+++ Provided records +++

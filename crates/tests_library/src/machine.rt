//! Worked schedules of Lamport's machine, with everything that a world shows after them, and steps
//! into the critical section.
ghost use Rattle.std.specs.Prelude.{◌≡◌, ◌≤◌, IfOk};
ghost use Rattle.lamport_core.specs.Machine.{count};

use crate::refusals::{refuse_all, say_refused};
use crate::same::same;
use lamport_core::{At, World};
use lamport_progress::way_inside;
use std::alloc::{AllocError, Global};
use std::io::Print;
use std::process::Abort;
use std::test::Fail;

// The start. One allocation may be made to fail from outside.
fn start<R: Print>(rt: &R, alloc: Global, n: u32) -> Result<World, AllocError>
    requires { 1 ≤ n }
    ensures { IfOk result (λ world. count world ≡ n) }
{
    match World::new(alloc, n) {
        Ok(world) => Ok(world),
        Err(_) => {
            say_refused(rt, "the making");
            World::new(alloc, n)
        }
    }
}

// The point, the flag and the steps of a process.
type Seen = (At, bool, u64);

// A schedule, what each process shows after it, the words x and y, and the process in its critical
// section.
type Row = (&'static [u32], &'static [Seen], (u32, u32, Option<u32>));

// In the last row process 2 sets y to 0 while process 1 is at its test of x.
static ROWS: [Row; 3] = [
    (
        &[1, 1, 1, 2, 2, 1, 1, 2, 2, 1, 1, 1, 1],
        &[(At::Slow, false, 9), (At::AwaitY, false, 4)],
        (2, 1, Some(1)),
    ),
    (
        &[1, 1, 1, 2, 2, 2, 1, 1, 2, 2, 1, 1, 1],
        &[(At::Scan(2), false, 8), (At::Fast, true, 5)],
        (2, 2, Some(2)),
    ),
    (
        &[1, 1, 1, 2, 2, 2, 2, 2, 1, 2, 3, 3, 3, 3, 3, 1, 1, 1, 1],
        &[
            (At::Scan(2), false, 8),
            (At::Leaving, true, 6),
            (At::Fast, true, 5),
        ],
        (3, 3, Some(3)),
    ),
];

// Takes the steps of a row. After the start every allocation may be made to fail from outside, if
// the row is the last one.
fn expect_row<A: Abort + Print>(
    rt: &A,
    alloc: Global,
    row: Row,
    is_last: bool,
) -> Result<(), AllocError> {
    let (schedule, wanted, words) = row;
    let n = (wanted.len().min(3) as u32).max(1);
    let mut world = start(rt, alloc, n)?;
    if is_last {
        refuse_all(rt, alloc);
    }
    for i in schedule {
        world.step((*i).clamp(1, n));
    }
    for i in 1..=n {
        let found = (world.at(i), world.b(i), world.steps(i));
        let seen = wanted.get((i - 1) as usize).copied();
        same(rt, Some(found), seen, "a process");
    }
    same(
        rt,
        (world.x(), world.y(), world.inside()),
        words,
        "the words",
    );
    Ok(())
}

#[test]
fn worked_schedules_lead_where_the_algorithm_says(rt: HostRuntime) -> Result<(), Fail> {
    let mut world = start(&rt, rt.alloc(), 1)?;
    world.run(&[1, 1, 1, 1, 1]);
    same(&rt, world.inside(), Some(1), "the process inside");
    for (k, row) in ROWS.iter().enumerate() {
        expect_row(&rt, rt.alloc(), *row, k == 2)?;
    }
    Ok(())
}

// The process in its scan waits for the flag of one that has not yet seen that y is not 0.
#[test]
fn a_way_leads_inside(rt: HostRuntime) -> Result<(), Fail> {
    let way = way_inside(rt.alloc(), 2, &[1, 1, 1, 2, 2, 1, 1, 1, 1])?;
    assert!(rt; way.as_slice() == [2, 2, 1, 1].as_slice());
    Ok(())
}
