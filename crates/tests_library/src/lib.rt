//! Tests of the library, through the public items of its crates: Lamport's machine and the locks,
//! the laws of journals, the queues of one thread, and the processes. They are in a crate of their
//! own, so that none of those crates is proved again for them. Which reply a call gets, contracts
//! say; `checks/cases` has worked journals and scripts.
#![tactic(auto)]

#[cfg(test)]
mod books;
#[cfg(test)]
mod laws;
#[cfg(test)]
mod locks;
#[cfg(test)]
mod machine;
#[cfg(test)]
mod making;
#[cfg(test)]
mod processes;
#[cfg(test)]
mod refusals;
#[cfg(test)]
mod same;
#[cfg(test)]
mod steps;
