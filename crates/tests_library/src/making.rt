//! The memory that making queues with bounds takes. A tool outside counts the bytes requested
//! between two marks.
use crate::refusals::mark;
use mq_state::books::Books;
use mq_state::memory::memory_of;
use std::alloc::Global;
use std::io::Print;
use std::process::Abort;

// Numbers of processes, of entries and of payload bytes.
static SIZES: [(u32, u64, u64); 6] = [
    (1, 0, 0),
    (1, 1, 0),
    (2, 0, 1),
    (5, 100, 1_000),
    (17, 4_096, 65_536),
    (32, 20_000, 1),
];

// Makes queues between two marks, and prints the number of bytes that `memory_of` predicts.
fn make<A: Abort + Print>(rt: &A, alloc: Global, n: u32, entries: u64, bytes: u64) {
    let bytes_taken = memory_of(n, entries, bytes).expect(rt, "a number");
    let n = n.clamp(1, 32);
    mark(alloc);
    let books = Books::bounded(alloc, n, entries, bytes);
    mark(alloc);
    assert!(rt; books.is_ok());
    println!(rt; "takes: {bytes_taken}").expect(rt, "an output");
}

#[test]
fn memory_of_is_what_the_making_asks_for(rt: HostRuntime) {
    for (n, entries, bytes) in SIZES {
        make(&rt, rt.alloc(), n, entries, bytes);
    }
}

#[test]
fn bounds_beyond_all_memory_are_refused(rt: HostRuntime) {
    assert!(rt; Books::bounded(rt.alloc(), 1, u64::MAX, u64::MAX).is_err());
}
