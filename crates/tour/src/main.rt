// A whole night in one screen: a batch is spread over six disks, one fills up, two are lost, one of them is rebuilt from four others, and
// the batch comes back from three. The text below is what it says, with places for the numbers. The file stdout has it as it is written.
#![tactic(auto)]

// Disk 2, which is lost, is rebuilt and compared.
fn rebuild(text: &[u8], file: &[u8], disks: &mut [u8]) {
    disks::tell_judged(text, 3, disks::judge(2, 146, disks));
    let mut packets = [0u8; 76];
    let count = rescue::rebuild(disks, &mut packets);
    marks::tell(text, 4, &[76, file.len(), count]);
    disks::write(2, &packets, disks);
    let choice = disks::choice(disks::judge(2, 146, disks));
    marks::tell(text, 5, &[disks::differs(2, file, &packets), choice]);
}

// The batch is recovered and compared.
fn recover(text: &[u8], file: &[u8], disks: &[u8]) {
    let mut batch = [0u8; 144];
    marks::tell(text, 6, &[144, rescue::recover(disks, &mut batch)]);
    marks::tell(text, 7, &[lines::differ(&batch, file)]);
}

fn night(text: &[u8]) {
    let mut file = [0u8; 144];
    let mut disks = [0u8; 1022];
    lines::scatter(&mut file, 7);
    disks::spread(&file, &mut disks);
    disks::show(text, &disks);
    disks::lose(&mut disks);
    rebuild(text, &file, &mut disks);
    recover(text, &file, &disks);
}

fn main() {
    night(
        b"A batch of # letters goes to 6 disks; any 3 give it back, any 4 rebuild a lost one.
  disk #: # letters in a share of # bytes, judged {complete|unfinished|malformed}
Disk 5 fills up: its share has 145 of 146 bytes, judged {complete|unfinished|malformed # at #}, so it is never read as whole.
Disks 2 and 5 are lost: zeros in their place are judged {complete|unfinished|malformed # at #}.
Disk 2 is rebuilt from disks 6, 4, 3 and 1: they send # letters, where the whole batch has #; letters added that are not zero: #.
  Its packets are {letter for letter|NOT} what they were; its share is judged {complete|unfinished|malformed}.
The batch is recovered from disks 4, 2 and 1: they send # letters, no more than it has; letters added that are not zero: #.
  It is {the batch, letter for letter|NOT the batch}.
",
    );
}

+++

** Assigned task **
Give back all of the entries exactly as written.

** Answer area **
filename crates/tests_library/src/machine.rt
//! Worked schedules of Lamport's machine, with everything that a world shows after them, and steps
//! into the critical section.
ghost use Rattle.std.specs.Prelude.{◌≡◌, ◌≤◌, IfOk};
ghost use Rattle.lamport_core.specs.Machine.{count};

use crate::refusals::{refuse_all, say_refused};
use crate::same::same;
use lamport_core::{At, World};
use lamport_progress::way_inside;
use std::alloc::{AllocError, Global};
use std::io::Print;
use std::process::Abort;
use std::test::Fail;

// The start. One allocation may be made to fail from outside.
fn start<R: Print>(rt: &R, alloc: Global, n: u32) -> Result<World, AllocError>
    requires { 1 ≤ n }
    ensures { IfOk result (λ world. count world ≡ n) }
{
    match World::new(alloc, n) {
        Ok(world) => Ok(world),
        Err(_) => {
            say_refused(rt, "the making");
            World::new(alloc, n)
        }
    }
}

// The point, the flag and the steps of a process.
type Seen = (At, bool, u64);

// A schedule, what each process shows after it, the words x and y, and the process in its critical
// section.
type Row = (&'static [u32], &'static [Seen], (u32, u32, Option<u32>));

// In the last row process 2 sets y to 0 while process 1 is at its test of x.
static ROWS: [Row; 3] = [
    (
        &[1, 1, 1, 2, 2, 1, 1, 2, 2, 1, 1, 1, 1],
        &[(At::Slow, false, 9), (At::AwaitY, false, 4)],
        (2, 1, Some(1)),
    ),
    (
        &[1, 1, 1, 2, 2, 2, 1, 1, 2, 2, 1, 1, 1],
        &[(At::Scan(2), false, 8), (At::Fast, true, 5)],
        (2, 2, Some(2)),
    ),
    (
        &[1, 1, 1, 2, 2, 2, 2, 2, 1, 2, 3, 3, 3, 3, 3, 1, 1, 1, 1],
        &[
            (At::Scan(2), false, 8),
            (At::Leaving, true, 6),
            (At::Fast, true, 5),
        ],
        (3, 3, Some(3)),
    ),
];

// Takes the steps of a row. After the start every allocation may be made to fail from outside, if
// the row is the last one.
fn expect_row<A: Abort + Print>(
    rt: &A,
    alloc: Global,
    row: Row,
    is_last: bool,
) -> Result<(), AllocError> {
    let (schedule, wanted, words) = row;
    let n = (wanted.len().min(3) as u32).max(1);
    let mut world = start(rt, alloc, n)?;
    if is_last {
        refuse_all(rt, alloc);
    }
    for i in schedule {
        world.step((*i).clamp(1, n));
    }
    for i in 1..=n {
        let found = (world.at(i), world.b(i), world.steps(i));
        let seen = wanted.get((i - 1) as usize).copied();
        same(rt, Some(found), seen, "a process");
    }
    same(
        rt,
        (world.x(), world.y(), world.inside()),
        words,
        "the words",
    );
    Ok(())
}

#[test]
fn worked_schedules_lead_where_the_algorithm_says(rt: HostRuntime) -> Result<(), Fail> {
    let mut world = start(&rt, rt.alloc(), 1)?;
    world.run(&[1, 1, 1, 1, 1]);
    same(&rt, world.inside(), Some(1), "the process inside");
    for (k, row) in ROWS.iter().enumerate() {
        expect_row(&rt, rt.alloc(), *row, k == 2)?;
    }
    Ok(())
}

// The process in its scan waits for the flag of one that has not yet seen that y is not 0.
#[test]
fn a_way_leads_inside(rt: HostRuntime) -> Result<(), Fail> {
    let way = way_inside(rt.alloc(), 2, &[1, 1, 1, 2, 2, 1, 1, 1, 1])?;
    assert!(rt; way.as_slice() == [2, 2, 1, 1].as_slice());
    Ok(())
}
filename crates/tests_library/src/lib.rt
//! Tests of the library, through the public items of its crates: Lamport's machine and the locks,
//! the laws of journals, the queues of one thread, and the processes. They are in a crate of their
//! own, so that none of those crates is proved again for them. Which reply a call gets, contracts
//! say; `checks/cases` has worked journals and scripts.
#![tactic(auto)]

#[cfg(test)]
mod books;
#[cfg(test)]
mod laws;
#[cfg(test)]
mod locks;
#[cfg(test)]
mod machine;
#[cfg(test)]
mod making;
#[cfg(test)]
mod processes;
#[cfg(test)]
mod refusals;
#[cfg(test)]
mod same;
#[cfg(test)]
mod steps;
filename crates/tests_library/src/making.rt
//! The memory that making queues with bounds takes. A tool outside counts the bytes requested
//! between two marks.
use crate::refusals::mark;
use mq_state::books::Books;
use mq_state::memory::memory_of;
use std::alloc::Global;
use std::io::Print;
use std::process::Abort;

// Numbers of processes, of entries and of payload bytes.
static SIZES: [(u32, u64, u64); 6] = [
    (1, 0, 0),
    (1, 1, 0),
    (2, 0, 1),
    (5, 100, 1_000),
    (17, 4_096, 65_536),
    (32, 20_000, 1),
];

// Makes queues between two marks, and prints the number of bytes that `memory_of` predicts.
fn make<A: Abort + Print>(rt: &A, alloc: Global, n: u32, entries: u64, bytes: u64) {
    let bytes_taken = memory_of(n, entries, bytes).expect(rt, "a number");
    let n = n.clamp(1, 32);
    mark(alloc);
    let books = Books::bounded(alloc, n, entries, bytes);
    mark(alloc);
    assert!(rt; books.is_ok());
    println!(rt; "takes: {bytes_taken}").expect(rt, "an output");
}

#[test]
fn memory_of_is_what_the_making_asks_for(rt: HostRuntime) {
    for (n, entries, bytes) in SIZES {
        make(&rt, rt.alloc(), n, entries, bytes);
    }
}

#[test]
fn bounds_beyond_all_memory_are_refused(rt: HostRuntime) {
    assert!(rt; Books::bounded(rt.alloc(), 1, u64::MAX, u64::MAX).is_err());
}
filename crates/tour/src/main.rt
// A whole night in one screen: a batch is spread over six disks, one fills up, two are lost, one of them is rebuilt from four others, and
// the batch comes back from three. The text below is what it says, with places for the numbers. The file stdout has it as it is written.
#![tactic(auto)]

// Disk 2, which is lost, is rebuilt and compared.
fn rebuild(text: &[u8], file: &[u8], disks: &mut [u8]) {
    disks::tell_judged(text, 3, disks::judge(2, 146, disks));
    let mut packets = [0u8; 76];
    let count = rescue::rebuild(disks, &mut packets);
    marks::tell(text, 4, &[76, file.len(), count]);
    disks::write(2, &packets, disks);
    let choice = disks::choice(disks::judge(2, 146, disks));
    marks::tell(text, 5, &[disks::differs(2, file, &packets), choice]);
}

// The batch is recovered and compared.
fn recover(text: &[u8], file: &[u8], disks: &[u8]) {
    let mut batch = [0u8; 144];
    marks::tell(text, 6, &[144, rescue::recover(disks, &mut batch)]);
    marks::tell(text, 7, &[lines::differ(&batch, file)]);
}

fn night(text: &[u8]) {
    let mut file = [0u8; 144];
    let mut disks = [0u8; 1022];
    lines::scatter(&mut file, 7);
    disks::spread(&file, &mut disks);
    disks::show(text, &disks);
    disks::lose(&mut disks);
    rebuild(text, &file, &mut disks);
    recover(text, &file, &disks);
}

fn main() {
    night(
        b"A batch of # letters goes to 6 disks; any 3 give it back, any 4 rebuild a lost one.
  disk #: # letters in a share of # bytes, judged {complete|unfinished|malformed}
Disk 5 fills up: its share has 145 of 146 bytes, judged {complete|unfinished|malformed # at #}, so it is never read as whole.
Disks 2 and 5 are lost: zeros in their place are judged {complete|unfinished|malformed # at #}.
Disk 2 is rebuilt from disks 6, 4, 3 and 1: they send # letters, where the whole batch has #; letters added that are not zero: #.
  Its packets are {letter for letter|NOT} what they were; its share is judged {complete|unfinished|malformed}.
The batch is recovered from disks 4, 2 and 1: they send # letters, no more than it has; letters added that are not zero: #.
  It is {the batch, letter for letter|NOT the batch}.
",
    );
}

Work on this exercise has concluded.